Known carrier of the Human Leukocyte Antigen-B (HLA-B) *58:01 allele.
Any positive result on screening for serum hepatitis B surface antigen, hepatitis C antibody, and human immunodeficiency virus (HIV) antibody.
Suspected or known Gilbert's syndrome.
Current smokers or those who have smoked or used nicotine products (including e-cigarettes within the previous 3 months).
Positive screen for drugs of abuse, cotinine (nicotine) or alcohol at the Screening Visit or on Day -7.
Use of any prescribed or non-prescribed medication including antacids, analgesics (other than paracetamol/acetaminophen), herbal remedies, megadose vitamins (intake of 20 to 600 times the recommended daily dose) and minerals during the 2 weeks prior to the first administration of investigational product or within 5 half-lives (whichever is longer). The use of hormonal contraception therapy and hormonal replacement therapy for females are permitted.
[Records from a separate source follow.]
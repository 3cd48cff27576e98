//! Proofs of a goal by a ladder of provers: plain proofs, routine proofs, and a freer search.
//!
//! Uses plain_search, proof_search and freer_search. Which provers are asked, in which order and
//! within which limits, is data: a list of [`Prover`]. The first block that one of them finds is
//! the answer, so a goal that the provers of `prove` prove keeps its block if they come first.
//!
//! Proved: `first_proof`, for every order: the claim that the block proves the goal can be written
//! in a report, and it is accepted after any claims that prove the lemmas and aren't on the goal.
//!
//! Neither: That a proof is found.
#![tactic(auto)]

mod provers;
mod proving;

pub use provers::Prover;
pub use proving::first_proof;
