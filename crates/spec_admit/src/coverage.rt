//! The first function that isn't covered.

ghost use Rattle.std.specs.Prelude.{◌≡◌, ◌<◌, IfOk, MatchOption, Some, length};
ghost use Rattle.spec_core.specs.Covering.{IsCovering};
ghost use Rattle.spec_core.specs.Linear.{LeftSidesAreLinear};
ghost use Rattle.spec_core.specs.WellSorted.{IsWellSorted};
ghost use Rattle.spec_admit.specs.Tests.{FunctionIsCovered};
ghost use Rattle.spec_admit.specs.FirstFault.{IsUncovered};
ghost use Rattle.spec_admit.specs.Parts.{AreNamedFor};

use coverage_check::{Coverage, covers, rows_of};
use spec_core::Spec;
use std::alloc::Global;
use term_core::{OutOfMemory, SymId, Terms};

/// The first function that isn't covered by its left sides, and the values that are named for it.
pub(crate) fn uncovered_function(
    alloc: Global,
    spec: &Spec,
) -> Result<Option<(SymId, Terms)>, OutOfMemory>
    requires fine { IsWellSorted spec.now }
    requires linear { LeftSidesAreLinear spec.now }
    ensures { IfOk result (λ found. MatchOption found
        (IsCovering spec.now)
        (λ p. IsUncovered spec.now p.0.0 p.1)) }
{
    for number in spec.sig.constructors()..spec.sig.symbols() {
        let fun = SymId(number);
        if let Some(values) = missing_values(alloc, spec, fun)? {
            return Ok(Some((fun, values)));
        }
    }
    Ok(None)
}

/// The values that are named for the function, if some match no left side of it.
fn missing_values(alloc: Global, spec: &Spec, fun: SymId) -> Result<Option<Terms>, OutOfMemory>
    requires fine { IsWellSorted spec.now }
    requires linear { LeftSidesAreLinear spec.now }
    requires known { fun.0 < length spec.now.sig.table }
    ensures { IfOk result (λ found. MatchOption found
        (FunctionIsCovered spec.now fun.0)
        (AreNamedFor spec.now fun.0)) }
{
    let rows = rows_of(alloc, spec, fun)?;
    let sorts = spec.sig.info(fun).args.as_slice();
    match covers(alloc, &spec.sig, &rows, sorts)? {
        Coverage::Covered => Ok(None),
        Coverage::Missing(values) => Ok(Some(values)),
    }
}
Has received another new chemical or biological entity (defined as a compound which has not been approved for marketing in the US) within 30 days or within 5 half-lives (whichever is longer) of the first administration of investigational drug in this study.
Involvement of any AstraZeneca, PAREXEL or study site employee or their close relatives.
Subjects who are vegans or have medical dietary restrictions.